R (on the application of Maguire) v HM Senior Coroner for Blackpool & Fylde [2020] EWCA Civ 738
The Court of Appeal has ruled that the state’s investigative obligations under Article 2 ECHR do not arise where someone lacking capacity and deprived of their liberty dies of natural causes. The state’s obligations under Article 2 had not been triggered in this case by the mere fact of vulnerability and that the deceased was deprived of her liberty in a care home pursuant to a standard authorisation under DOLS[1].
Facts
Jackie, who had Down’s syndrome and learning disabilities, and so was unable to care for herself, had fallen ill at her care home in the days before her death. The care home provided only personal (not medical) care but, when Jackie’s condition worsened, she had refused to go to hospital and had been permitted to remain at the home overnight. Jackie’s condition worsened further and she was eventually taken to hospital where she died as a result of a perforated gastric ulcer, peritonitis and pneumonia. At her inquest her family criticised (inter alia) the lack of a protocol at the care home for admitting Jackie to hospital in spite of her refusal.
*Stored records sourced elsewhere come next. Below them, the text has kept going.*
//! What is owed by the prices of a ceiling.

use crate::marks::Marks;

/// Prices with what they stand for: what is owed at a site is its level, and of each mark in whose
/// region it is the price for each pass that is left.
#[derive(Clone, Copy)]
pub struct Owed<'a> {
    /// The price of a pass of each mark.
    pub prices: &'a [u128],
    /// By site, the marks in whose regions it is, a bit of each.
    pub regions: &'a [u64],
    /// By site, its level.
    pub levels: &'a [Option<u128>],
}

impl Owed<'_> {
    /// What is owed at a site with these counts.
    pub fn at(self, marks: &Marks, site: usize, counts: &[u32]) -> u128 {
        let regions = self.regions.get(site).copied().unwrap_or(0);
        let mut owed = match self.levels.get(site) {
            Some(Some(level)) => *level,
            _ => 0,
        };
        for ((standing, price), count) in marks.list.iter().zip(self.prices).zip(counts) {
            if standing.bit & regions != 0 {
                let left = u128::from(standing.most.saturating_sub(*count));
                owed = owed.saturating_add(price.saturating_mul(left));
            }
        }
        owed
    }
}
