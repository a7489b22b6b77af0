//! The picture of an analysis, of a ceiling, or of a run: the worst walk of the one, the walk in
//! rounds beside the other, or the steps of the last, drawn as an SVG document of bounded size. It
//! is proved to be safe and to end, whatever is handed in, to begin with what the walk takes, in
//! words, and to end with where these word times go, in numbers; how it looks is no contract.
//! docs/PICTURE.md says how it is read.
//!
//! Code. `pictures` has `picture`, `picture_in_rounds` and `picture_of_run`. Each finds what is
//! shown, the scene of `picture_scene`, and has `picture_drawing` draw it. `of_analysis` finds it
//! of an analysis, `of_rounds` of a walk in rounds, and `of_run` of a `run`, which takes in one
//! step after the other. `hops` finds the revolutions that are shown in a list of hops. Of a walk
//! in rounds `pieces` tells what each piece takes and how often it comes, `start` from which of
//! them on it is drawn, and `going` goes through them, hop by hop.
//!
//! Proofs. `Pictured` says what a picture says by what its walk was found in.
#![tactic(auto)]

mod going;
mod hops;
mod of_analysis;
mod of_rounds;
mod of_run;
mod pictures;
mod pieces;
mod run;
mod start;

pub use pictures::{picture, picture_in_rounds, picture_of_run};
pub use run::Run;
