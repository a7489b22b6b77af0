//! The pieces of a walk while it is strung together, with what of the plan each has taken.

use ceiling_pieces::{Laying, Step};
use flow_walks::Piece;
use std::alloc::{AllocError, Global};

/// How often a kind was taken.
#[derive(Clone, Copy)]
pub struct Taken {
    pub kind: usize,
    pub times: i128,
}

/// A piece of the trail.
#[derive(Clone, Copy)]
struct Strung {
    piece: usize,
    /// How many entries of what was taken stand before its own.
    taken: usize,
}

/// The best end so far.
#[derive(Clone, Copy)]
struct End {
    time: u128,
    /// How many pieces stand before it.
    pieces: usize,
    /// The last step, and the angle at which it begins; none, where the pieces are all.
    last: Option<Step>,
    angle: u64,
}

/// The pieces so far, and the best end.
#[derive(Drop)]
pub struct Trail<'a> {
    alloc: Global,
    laying: Laying<'a>,
    pieces: Vec<Strung>,
    taken: Vec<Taken>,
    /// By kind, a sum that is made, else 0.
    sums: Vec<i128>,
    /// The drum's angle at the end.
    pub angle: u64,
    best: Option<End>,
}

impl<'a> Trail<'a> {
    /// None yet; the first one begins at an angle.
    pub fn new(
        alloc: Global,
        laying: Laying<'a>,
        kinds: usize,
        angle: u64,
    ) -> Result<Trail<'a>, AllocError> {
        Ok(Trail {
            alloc,
            laying,
            pieces: Vec::new(alloc),
            taken: Vec::new(alloc),
            sums: vec![in alloc; 0; kinds]?,
            angle,
            best: None,
        })
    }

    /// How many pieces there are.
    pub fn len(&self) -> usize {
        self.pieces.len()
    }

    /// Adds a step, and what it takes of the plan, if it does. Whether there is room for it.
    pub fn add(&mut self, step: Step, kind: Option<usize>) -> Result<bool, AllocError> {
        let Some(laid) = self.laying.step(step, self.angle)? else {
            return Ok(false);
        };
        self.pieces.push(Strung {
            piece: laid.piece,
            taken: self.taken.len(),
        })?;
        if let Some(kind) = kind {
            self.taken.push(Taken { kind, times: 1 })?;
        }
        self.angle = laid.angle;
        Ok(true)
    }

    /// What the pieces behind so many have taken, each kind once.
    pub fn taken_since(&mut self, pieces: usize) -> Result<Vec<Taken>, AllocError> {
        let first = match self.pieces.get(pieces) {
            Some(strung) => strung.taken,
            None => self.taken.len(),
        };
        let mut kinds = Vec::new(self.alloc);
        for taken in self.taken.iter().skip(first) {
            if let Some(sum) = self.sums.get_mut(taken.kind) {
                if *sum == 0 {
                    kinds.push(taken.kind)?;
                }
                *sum = sum.saturating_add(taken.times);
            }
        }
        self.summed(&kinds)
    }

    /// The sums of these kinds; they are 0 then.
    fn summed(&mut self, kinds: &[usize]) -> Result<Vec<Taken>, AllocError> {
        let mut all = Vec::new(self.alloc);
        for kind in kinds {
            if let Some(sum) = self.sums.get_mut(*kind) {
                all.push(Taken {
                    kind: *kind,
                    times: *sum,
                })?;
                *sum = 0;
            }
        }
        Ok(all)
    }

    /// Puts so many rounds of the pieces behind some in their place, which take as much each time.
    /// Whether there is room for that.
    pub fn close(
        &mut self,
        pieces: usize,
        times: u16,
        taken: &[Taken],
    ) -> Result<bool, AllocError> {
        let mut names = Vec::new(self.alloc);
        for strung in self.pieces.iter().skip(pieces) {
            names.push(strung.piece)?;
        }
        let Some(round) = self.laying.row(names, self.angle)? else {
            return Ok(false);
        };
        let Some(rounds) = self.laying.rounds(times, round)? else {
            return Ok(false);
        };
        if let Some(strung) = self.pieces.get(pieces) {
            self.taken.truncate(strung.taken);
        }
        self.pieces.truncate(pieces);
        self.pieces.push(Strung {
            piece: rounds.piece,
            taken: self.taken.len(),
        })?;
        for one in taken {
            self.taken.push(Taken {
                kind: one.kind,
                times: one.times.saturating_mul(i128::from(times)),
            })?;
        }
        Ok(true)
    }

    /// Takes an end with a last step, if it comes later than the best so far.
    pub fn end_by(&mut self, time: u128, step: Step) {
        if self.time() < time {
            self.best = Some(End {
                time,
                pieces: self.pieces.len(),
                last: Some(step),
                angle: self.angle,
            });
        }
    }

    /// Takes the end of the last piece for the best one.
    pub fn end_here(&mut self, time: u128) {
        self.best = Some(End {
            time,
            pieces: self.pieces.len(),
            last: None,
            angle: self.angle,
        });
    }

    /// The time of the best end.
    pub fn time(&self) -> u128 {
        self.best.map_or(0, |end| end.time)
    }

    /// The pieces up to the best end; none, where there is none.
    pub fn finish(mut self) -> Result<Vec<Piece>, AllocError> {
        let Some(end) = self.best else {
            return Ok(Vec::new(self.alloc));
        };
        let mut names = Vec::new(self.alloc);
        for strung in self.pieces.iter().take(end.pieces) {
            names.push(strung.piece)?;
        }
        if let Some(step) = end.last
            && let Some(laid) = self.laying.step(step, end.angle)?
        {
            names.push(laid.piece)?;
        }
        let whole = self.laying.row(names, end.angle)?;
        match whole {
            Some(laid) => self.laying.finish(laid.piece),
            None => Ok(Vec::new(self.alloc)),
        }
    }
}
However, the Coroner ruled at the close of evidence that Article 2 ECHR was not engaged, such that the “how” question for the jury to answer under section 5(2) of the Coroners & Justice Act 2009 had its narrower meaning of “by what means” instead of “by what means and in what circumstances”.
The jury who were not permitted to consider any failings on the part of those caring for Jackie returned a conclusion of natural causes. Jackie’s mother sought judicial review of the coroner’s decision, when that application failed she appealed.